YOUR GOAL:
Count every line in the entries below that contains the word "again", and give only that number.

[DATASET EXTRACT]

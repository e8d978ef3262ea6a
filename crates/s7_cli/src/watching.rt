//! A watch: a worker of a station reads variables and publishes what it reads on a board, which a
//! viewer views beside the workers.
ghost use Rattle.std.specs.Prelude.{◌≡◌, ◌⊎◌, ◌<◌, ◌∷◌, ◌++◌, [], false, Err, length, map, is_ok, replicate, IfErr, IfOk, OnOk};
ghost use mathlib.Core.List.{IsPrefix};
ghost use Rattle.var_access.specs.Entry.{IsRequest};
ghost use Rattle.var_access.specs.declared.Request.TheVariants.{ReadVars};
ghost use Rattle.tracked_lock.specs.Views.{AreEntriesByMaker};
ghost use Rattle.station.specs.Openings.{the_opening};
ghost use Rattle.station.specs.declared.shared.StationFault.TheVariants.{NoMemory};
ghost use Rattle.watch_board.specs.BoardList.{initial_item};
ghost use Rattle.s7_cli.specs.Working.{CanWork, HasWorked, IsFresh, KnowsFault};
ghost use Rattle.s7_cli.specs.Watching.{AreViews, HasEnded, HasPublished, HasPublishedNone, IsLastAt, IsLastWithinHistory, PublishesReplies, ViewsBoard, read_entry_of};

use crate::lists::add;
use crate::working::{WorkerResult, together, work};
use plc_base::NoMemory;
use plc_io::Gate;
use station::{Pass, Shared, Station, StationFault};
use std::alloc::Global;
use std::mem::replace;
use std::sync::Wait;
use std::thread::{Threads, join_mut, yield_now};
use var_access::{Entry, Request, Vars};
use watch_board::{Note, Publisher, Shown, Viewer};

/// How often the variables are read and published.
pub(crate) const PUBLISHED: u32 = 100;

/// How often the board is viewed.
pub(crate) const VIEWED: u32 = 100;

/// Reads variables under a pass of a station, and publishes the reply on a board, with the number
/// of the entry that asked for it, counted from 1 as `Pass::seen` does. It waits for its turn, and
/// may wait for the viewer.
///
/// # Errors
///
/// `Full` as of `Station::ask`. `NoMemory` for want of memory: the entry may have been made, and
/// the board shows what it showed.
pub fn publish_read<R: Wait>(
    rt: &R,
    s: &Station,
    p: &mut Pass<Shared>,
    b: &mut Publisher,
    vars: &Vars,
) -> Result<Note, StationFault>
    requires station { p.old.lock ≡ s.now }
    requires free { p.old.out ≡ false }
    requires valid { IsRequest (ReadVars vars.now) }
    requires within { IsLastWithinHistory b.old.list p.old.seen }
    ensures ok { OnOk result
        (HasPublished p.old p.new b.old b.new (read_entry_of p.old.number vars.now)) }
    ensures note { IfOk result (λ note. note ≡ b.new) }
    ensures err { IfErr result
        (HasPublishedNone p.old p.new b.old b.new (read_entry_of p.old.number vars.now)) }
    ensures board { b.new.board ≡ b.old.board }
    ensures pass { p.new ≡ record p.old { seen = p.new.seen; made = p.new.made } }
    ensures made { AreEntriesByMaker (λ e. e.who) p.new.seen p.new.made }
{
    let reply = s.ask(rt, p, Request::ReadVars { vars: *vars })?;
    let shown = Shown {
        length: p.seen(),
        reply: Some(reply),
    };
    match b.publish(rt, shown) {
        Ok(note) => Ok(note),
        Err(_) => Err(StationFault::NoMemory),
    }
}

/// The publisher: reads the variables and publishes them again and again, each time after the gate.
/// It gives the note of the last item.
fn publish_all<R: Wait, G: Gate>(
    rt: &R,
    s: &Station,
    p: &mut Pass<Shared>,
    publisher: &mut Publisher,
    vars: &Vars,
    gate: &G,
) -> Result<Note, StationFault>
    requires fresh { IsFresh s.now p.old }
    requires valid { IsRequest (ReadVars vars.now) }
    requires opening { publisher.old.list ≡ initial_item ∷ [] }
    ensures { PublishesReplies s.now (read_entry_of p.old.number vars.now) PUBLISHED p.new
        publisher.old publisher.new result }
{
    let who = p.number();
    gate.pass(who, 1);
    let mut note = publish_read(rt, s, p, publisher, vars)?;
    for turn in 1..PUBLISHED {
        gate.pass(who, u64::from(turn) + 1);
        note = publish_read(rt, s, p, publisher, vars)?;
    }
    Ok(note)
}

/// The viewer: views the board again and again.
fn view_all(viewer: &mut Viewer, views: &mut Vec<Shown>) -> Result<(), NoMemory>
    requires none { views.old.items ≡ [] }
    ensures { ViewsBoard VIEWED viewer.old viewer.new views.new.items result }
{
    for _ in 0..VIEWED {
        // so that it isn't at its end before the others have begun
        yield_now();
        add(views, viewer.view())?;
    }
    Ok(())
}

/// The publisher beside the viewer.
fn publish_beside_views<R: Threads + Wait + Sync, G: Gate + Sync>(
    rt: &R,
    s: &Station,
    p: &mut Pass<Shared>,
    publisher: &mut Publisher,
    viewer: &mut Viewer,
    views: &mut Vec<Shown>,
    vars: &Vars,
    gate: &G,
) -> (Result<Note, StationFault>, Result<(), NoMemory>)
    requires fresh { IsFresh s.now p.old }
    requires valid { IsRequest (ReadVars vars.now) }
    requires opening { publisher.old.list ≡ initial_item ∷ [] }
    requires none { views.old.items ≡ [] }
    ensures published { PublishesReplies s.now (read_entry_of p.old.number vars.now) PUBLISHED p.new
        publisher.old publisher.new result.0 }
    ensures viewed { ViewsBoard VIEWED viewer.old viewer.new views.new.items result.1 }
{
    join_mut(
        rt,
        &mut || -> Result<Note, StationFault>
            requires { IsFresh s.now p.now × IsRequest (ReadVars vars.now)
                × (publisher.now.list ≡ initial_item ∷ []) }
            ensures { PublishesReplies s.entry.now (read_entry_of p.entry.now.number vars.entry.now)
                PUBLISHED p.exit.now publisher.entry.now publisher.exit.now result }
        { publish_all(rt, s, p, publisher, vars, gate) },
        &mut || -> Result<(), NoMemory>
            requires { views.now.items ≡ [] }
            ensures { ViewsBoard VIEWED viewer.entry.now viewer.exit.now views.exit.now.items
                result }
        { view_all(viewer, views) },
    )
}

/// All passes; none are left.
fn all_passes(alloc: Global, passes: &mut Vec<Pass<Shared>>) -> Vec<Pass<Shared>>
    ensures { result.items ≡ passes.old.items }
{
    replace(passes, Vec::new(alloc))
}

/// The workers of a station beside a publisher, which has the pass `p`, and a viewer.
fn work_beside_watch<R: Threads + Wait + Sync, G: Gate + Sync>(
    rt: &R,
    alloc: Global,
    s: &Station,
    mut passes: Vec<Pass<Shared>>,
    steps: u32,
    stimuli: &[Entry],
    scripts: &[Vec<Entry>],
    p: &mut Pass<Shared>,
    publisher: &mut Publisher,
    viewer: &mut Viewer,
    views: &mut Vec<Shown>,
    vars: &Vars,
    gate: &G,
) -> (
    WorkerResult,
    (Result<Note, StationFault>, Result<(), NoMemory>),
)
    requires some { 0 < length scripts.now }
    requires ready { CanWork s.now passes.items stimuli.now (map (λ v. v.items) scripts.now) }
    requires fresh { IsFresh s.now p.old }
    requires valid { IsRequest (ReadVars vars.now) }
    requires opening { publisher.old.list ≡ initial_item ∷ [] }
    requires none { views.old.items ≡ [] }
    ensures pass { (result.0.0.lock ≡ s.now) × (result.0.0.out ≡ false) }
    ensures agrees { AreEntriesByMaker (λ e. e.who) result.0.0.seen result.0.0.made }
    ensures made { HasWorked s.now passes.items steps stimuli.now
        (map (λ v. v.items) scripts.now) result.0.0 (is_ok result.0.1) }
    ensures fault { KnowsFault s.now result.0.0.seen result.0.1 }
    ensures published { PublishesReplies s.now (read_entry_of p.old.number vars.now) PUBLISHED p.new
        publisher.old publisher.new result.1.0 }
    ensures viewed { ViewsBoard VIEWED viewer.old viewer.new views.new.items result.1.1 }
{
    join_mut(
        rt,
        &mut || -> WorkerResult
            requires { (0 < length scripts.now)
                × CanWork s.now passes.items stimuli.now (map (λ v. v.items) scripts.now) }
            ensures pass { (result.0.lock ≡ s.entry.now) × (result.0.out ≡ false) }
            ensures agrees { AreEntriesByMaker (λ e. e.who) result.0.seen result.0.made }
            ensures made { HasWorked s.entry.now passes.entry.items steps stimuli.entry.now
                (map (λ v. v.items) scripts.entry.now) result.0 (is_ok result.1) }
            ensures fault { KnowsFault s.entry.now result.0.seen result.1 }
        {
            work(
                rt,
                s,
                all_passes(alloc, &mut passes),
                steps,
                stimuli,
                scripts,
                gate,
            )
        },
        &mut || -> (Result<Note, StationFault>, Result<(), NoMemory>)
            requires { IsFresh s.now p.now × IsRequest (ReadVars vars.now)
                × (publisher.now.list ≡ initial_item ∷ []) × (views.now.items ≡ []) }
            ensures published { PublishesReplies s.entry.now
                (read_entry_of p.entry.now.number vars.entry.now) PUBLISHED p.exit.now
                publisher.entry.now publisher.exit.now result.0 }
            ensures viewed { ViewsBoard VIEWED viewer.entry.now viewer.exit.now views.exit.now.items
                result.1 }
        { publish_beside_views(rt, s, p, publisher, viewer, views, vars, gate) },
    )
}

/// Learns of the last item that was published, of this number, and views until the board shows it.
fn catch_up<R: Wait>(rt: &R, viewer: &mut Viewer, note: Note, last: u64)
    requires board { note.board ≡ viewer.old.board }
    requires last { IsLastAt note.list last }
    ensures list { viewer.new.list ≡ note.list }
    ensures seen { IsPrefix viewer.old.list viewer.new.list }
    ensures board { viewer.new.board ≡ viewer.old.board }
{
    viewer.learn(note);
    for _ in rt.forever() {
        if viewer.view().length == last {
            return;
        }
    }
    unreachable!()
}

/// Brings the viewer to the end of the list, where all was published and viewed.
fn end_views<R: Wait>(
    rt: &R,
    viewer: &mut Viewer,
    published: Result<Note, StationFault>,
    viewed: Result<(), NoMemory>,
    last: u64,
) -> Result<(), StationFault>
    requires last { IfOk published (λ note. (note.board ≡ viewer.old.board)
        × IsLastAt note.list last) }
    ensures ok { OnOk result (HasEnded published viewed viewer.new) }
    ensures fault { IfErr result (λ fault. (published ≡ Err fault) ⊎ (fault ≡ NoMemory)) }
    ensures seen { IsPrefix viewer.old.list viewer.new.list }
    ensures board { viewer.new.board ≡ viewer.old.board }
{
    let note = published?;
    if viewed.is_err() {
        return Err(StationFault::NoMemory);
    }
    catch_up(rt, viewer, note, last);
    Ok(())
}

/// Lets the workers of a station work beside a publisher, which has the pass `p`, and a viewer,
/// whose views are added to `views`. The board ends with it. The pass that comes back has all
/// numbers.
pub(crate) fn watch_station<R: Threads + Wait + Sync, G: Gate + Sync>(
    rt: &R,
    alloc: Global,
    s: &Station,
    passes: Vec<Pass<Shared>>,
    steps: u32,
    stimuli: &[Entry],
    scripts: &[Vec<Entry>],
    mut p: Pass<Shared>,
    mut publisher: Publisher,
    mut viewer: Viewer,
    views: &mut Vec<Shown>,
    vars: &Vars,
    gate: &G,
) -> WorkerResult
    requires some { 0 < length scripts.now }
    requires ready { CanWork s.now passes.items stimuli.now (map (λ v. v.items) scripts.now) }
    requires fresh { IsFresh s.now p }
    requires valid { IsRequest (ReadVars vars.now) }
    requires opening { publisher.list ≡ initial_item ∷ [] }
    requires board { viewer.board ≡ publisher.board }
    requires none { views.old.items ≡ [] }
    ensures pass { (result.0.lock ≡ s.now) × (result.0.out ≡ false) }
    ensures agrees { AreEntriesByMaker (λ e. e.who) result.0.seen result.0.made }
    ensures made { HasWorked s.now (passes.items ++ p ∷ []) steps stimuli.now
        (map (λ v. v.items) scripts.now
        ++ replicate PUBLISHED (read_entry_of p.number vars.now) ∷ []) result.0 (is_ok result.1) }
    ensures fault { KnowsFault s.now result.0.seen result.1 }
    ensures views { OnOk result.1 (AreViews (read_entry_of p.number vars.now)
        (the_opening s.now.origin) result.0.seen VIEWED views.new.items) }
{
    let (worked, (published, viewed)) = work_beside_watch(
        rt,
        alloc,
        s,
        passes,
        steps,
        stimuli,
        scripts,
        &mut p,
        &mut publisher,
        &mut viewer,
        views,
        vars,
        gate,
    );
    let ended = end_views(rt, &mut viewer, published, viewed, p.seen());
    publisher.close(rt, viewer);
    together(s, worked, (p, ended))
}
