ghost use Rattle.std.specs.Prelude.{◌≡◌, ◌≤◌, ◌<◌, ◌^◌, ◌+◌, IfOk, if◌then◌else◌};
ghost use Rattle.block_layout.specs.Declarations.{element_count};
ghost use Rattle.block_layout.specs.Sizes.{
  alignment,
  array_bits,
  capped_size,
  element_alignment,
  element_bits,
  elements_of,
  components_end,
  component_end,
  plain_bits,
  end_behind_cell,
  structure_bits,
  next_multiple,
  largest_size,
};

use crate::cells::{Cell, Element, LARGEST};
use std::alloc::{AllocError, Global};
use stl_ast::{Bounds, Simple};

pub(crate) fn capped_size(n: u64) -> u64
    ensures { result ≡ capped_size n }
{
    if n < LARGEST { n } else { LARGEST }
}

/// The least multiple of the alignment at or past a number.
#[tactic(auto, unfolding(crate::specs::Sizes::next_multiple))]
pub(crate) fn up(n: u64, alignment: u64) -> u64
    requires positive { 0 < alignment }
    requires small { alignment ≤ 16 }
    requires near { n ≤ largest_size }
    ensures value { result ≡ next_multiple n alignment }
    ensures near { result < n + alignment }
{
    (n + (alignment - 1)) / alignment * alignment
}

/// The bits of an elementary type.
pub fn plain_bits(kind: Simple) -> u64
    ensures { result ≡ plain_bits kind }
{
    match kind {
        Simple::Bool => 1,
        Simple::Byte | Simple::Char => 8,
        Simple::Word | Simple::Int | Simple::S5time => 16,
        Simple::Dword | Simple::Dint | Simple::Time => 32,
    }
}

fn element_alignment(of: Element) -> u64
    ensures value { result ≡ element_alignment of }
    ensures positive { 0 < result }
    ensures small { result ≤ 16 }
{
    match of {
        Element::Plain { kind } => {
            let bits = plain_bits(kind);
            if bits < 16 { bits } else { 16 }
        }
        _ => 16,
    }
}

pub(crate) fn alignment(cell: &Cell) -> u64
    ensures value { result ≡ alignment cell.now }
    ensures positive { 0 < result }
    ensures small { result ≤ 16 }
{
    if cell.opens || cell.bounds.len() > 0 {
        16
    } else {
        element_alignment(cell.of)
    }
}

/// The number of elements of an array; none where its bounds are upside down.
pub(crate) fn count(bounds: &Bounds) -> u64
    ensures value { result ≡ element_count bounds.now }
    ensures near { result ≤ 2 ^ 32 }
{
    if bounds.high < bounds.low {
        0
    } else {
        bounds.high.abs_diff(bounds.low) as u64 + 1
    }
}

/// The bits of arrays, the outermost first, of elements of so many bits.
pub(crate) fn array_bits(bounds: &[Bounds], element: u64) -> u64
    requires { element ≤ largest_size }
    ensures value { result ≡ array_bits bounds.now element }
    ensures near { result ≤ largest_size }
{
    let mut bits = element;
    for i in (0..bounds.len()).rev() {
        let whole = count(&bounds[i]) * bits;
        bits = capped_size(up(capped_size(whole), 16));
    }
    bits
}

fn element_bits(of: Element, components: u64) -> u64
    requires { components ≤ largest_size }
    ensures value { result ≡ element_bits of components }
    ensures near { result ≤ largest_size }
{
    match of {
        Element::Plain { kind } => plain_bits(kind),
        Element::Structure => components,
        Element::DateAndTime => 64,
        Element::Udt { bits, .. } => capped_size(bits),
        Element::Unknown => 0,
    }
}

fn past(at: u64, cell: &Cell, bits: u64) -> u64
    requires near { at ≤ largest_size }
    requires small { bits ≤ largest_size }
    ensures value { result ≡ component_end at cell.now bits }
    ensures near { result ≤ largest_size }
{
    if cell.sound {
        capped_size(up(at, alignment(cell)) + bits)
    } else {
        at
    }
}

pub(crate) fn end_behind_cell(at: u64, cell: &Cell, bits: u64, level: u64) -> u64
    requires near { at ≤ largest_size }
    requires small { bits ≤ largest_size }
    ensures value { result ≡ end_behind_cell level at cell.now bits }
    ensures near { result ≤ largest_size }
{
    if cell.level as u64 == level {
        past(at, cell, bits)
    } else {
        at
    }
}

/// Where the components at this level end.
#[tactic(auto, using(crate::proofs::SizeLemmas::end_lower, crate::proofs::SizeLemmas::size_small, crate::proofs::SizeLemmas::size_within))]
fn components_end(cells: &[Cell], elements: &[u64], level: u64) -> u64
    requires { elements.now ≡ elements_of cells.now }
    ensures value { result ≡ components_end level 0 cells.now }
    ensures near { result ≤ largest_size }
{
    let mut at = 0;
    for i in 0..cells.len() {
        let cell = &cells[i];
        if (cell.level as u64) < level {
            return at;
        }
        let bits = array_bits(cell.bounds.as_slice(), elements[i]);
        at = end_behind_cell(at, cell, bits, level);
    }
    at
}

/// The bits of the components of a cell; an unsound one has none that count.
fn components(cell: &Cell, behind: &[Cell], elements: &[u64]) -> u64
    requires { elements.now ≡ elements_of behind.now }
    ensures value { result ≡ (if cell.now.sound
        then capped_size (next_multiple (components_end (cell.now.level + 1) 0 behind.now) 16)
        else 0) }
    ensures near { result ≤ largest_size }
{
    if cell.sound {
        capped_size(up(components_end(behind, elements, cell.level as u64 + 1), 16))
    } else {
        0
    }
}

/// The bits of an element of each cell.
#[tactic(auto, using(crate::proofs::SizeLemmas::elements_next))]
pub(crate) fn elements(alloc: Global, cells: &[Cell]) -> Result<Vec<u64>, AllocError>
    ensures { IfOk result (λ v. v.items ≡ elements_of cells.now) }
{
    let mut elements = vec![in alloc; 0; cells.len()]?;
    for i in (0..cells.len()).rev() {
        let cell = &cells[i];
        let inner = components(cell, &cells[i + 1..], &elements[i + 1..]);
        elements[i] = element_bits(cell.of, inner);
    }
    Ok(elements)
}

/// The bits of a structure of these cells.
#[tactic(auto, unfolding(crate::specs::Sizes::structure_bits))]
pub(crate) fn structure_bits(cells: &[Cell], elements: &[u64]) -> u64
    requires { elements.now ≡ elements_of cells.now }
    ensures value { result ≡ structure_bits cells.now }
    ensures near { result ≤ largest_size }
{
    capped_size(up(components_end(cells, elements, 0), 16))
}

[/DATASET EXTRACT]
[DATASET EXTRACT]

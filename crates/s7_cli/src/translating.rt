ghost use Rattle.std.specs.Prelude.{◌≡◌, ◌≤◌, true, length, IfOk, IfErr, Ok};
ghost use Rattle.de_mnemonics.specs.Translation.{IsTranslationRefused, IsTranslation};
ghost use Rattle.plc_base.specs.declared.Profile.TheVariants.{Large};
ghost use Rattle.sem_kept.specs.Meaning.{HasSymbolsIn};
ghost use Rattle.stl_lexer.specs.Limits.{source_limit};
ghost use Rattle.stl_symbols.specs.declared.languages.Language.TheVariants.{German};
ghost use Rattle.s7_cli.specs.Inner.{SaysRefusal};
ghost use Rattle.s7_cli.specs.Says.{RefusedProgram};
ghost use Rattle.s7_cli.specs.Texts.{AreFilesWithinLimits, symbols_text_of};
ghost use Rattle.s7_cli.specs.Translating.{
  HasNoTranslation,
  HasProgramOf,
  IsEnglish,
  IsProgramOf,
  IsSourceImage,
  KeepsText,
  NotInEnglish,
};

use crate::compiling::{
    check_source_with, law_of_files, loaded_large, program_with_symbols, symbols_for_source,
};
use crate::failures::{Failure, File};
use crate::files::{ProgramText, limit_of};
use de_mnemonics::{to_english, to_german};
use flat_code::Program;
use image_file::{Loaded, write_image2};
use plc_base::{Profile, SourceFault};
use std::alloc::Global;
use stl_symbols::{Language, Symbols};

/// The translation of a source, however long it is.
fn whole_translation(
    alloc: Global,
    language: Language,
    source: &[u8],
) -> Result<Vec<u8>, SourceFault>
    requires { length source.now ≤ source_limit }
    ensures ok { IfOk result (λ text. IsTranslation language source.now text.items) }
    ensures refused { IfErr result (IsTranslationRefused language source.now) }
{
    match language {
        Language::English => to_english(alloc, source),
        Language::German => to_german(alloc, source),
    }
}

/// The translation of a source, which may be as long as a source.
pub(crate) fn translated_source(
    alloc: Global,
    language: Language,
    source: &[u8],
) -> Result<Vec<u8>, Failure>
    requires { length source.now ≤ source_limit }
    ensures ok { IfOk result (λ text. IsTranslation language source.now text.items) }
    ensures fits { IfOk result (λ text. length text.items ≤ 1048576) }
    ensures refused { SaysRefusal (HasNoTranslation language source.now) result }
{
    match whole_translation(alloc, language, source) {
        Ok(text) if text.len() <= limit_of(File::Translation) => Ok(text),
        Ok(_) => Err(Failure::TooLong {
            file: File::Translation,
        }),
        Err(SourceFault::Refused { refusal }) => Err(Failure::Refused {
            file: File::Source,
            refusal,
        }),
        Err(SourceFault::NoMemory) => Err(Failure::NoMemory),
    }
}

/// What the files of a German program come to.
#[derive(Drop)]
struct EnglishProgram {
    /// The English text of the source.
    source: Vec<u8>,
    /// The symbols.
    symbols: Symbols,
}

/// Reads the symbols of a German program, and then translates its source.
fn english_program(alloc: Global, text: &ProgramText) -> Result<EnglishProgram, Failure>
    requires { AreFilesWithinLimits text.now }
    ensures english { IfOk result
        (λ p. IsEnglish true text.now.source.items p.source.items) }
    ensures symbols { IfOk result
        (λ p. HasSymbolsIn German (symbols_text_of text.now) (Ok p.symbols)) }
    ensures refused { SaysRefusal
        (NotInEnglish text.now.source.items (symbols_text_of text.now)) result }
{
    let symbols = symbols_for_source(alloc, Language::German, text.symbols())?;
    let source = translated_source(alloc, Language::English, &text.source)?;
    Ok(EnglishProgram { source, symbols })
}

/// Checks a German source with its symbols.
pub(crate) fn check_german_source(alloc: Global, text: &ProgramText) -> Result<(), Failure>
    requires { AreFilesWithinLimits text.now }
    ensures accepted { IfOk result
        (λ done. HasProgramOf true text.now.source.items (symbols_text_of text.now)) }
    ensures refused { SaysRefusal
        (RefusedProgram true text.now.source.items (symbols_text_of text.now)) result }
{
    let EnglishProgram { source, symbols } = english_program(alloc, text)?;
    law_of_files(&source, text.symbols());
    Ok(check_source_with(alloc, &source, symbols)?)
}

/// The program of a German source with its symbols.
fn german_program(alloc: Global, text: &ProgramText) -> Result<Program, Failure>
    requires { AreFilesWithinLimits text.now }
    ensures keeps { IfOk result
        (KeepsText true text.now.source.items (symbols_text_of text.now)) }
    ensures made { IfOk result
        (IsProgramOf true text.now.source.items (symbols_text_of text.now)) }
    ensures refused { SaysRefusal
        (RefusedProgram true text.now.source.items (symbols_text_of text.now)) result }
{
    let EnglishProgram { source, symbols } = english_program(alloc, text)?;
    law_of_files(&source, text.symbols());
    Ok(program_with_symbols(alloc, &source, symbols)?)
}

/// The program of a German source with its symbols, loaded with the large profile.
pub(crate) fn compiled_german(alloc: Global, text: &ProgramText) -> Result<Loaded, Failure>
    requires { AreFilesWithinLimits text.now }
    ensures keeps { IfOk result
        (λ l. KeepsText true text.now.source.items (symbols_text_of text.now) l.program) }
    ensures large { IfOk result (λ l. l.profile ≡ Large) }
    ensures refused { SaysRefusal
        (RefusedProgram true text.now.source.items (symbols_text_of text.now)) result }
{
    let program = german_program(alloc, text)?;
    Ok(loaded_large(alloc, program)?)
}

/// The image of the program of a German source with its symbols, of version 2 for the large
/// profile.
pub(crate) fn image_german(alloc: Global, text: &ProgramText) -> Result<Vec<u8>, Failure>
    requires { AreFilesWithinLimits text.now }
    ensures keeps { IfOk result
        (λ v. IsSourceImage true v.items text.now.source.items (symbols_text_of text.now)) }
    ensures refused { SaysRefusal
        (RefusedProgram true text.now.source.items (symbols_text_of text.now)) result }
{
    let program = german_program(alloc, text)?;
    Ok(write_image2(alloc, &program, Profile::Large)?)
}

[/DATASET EXTRACT]

SOLUTION FOR THIS PROBLEM:
2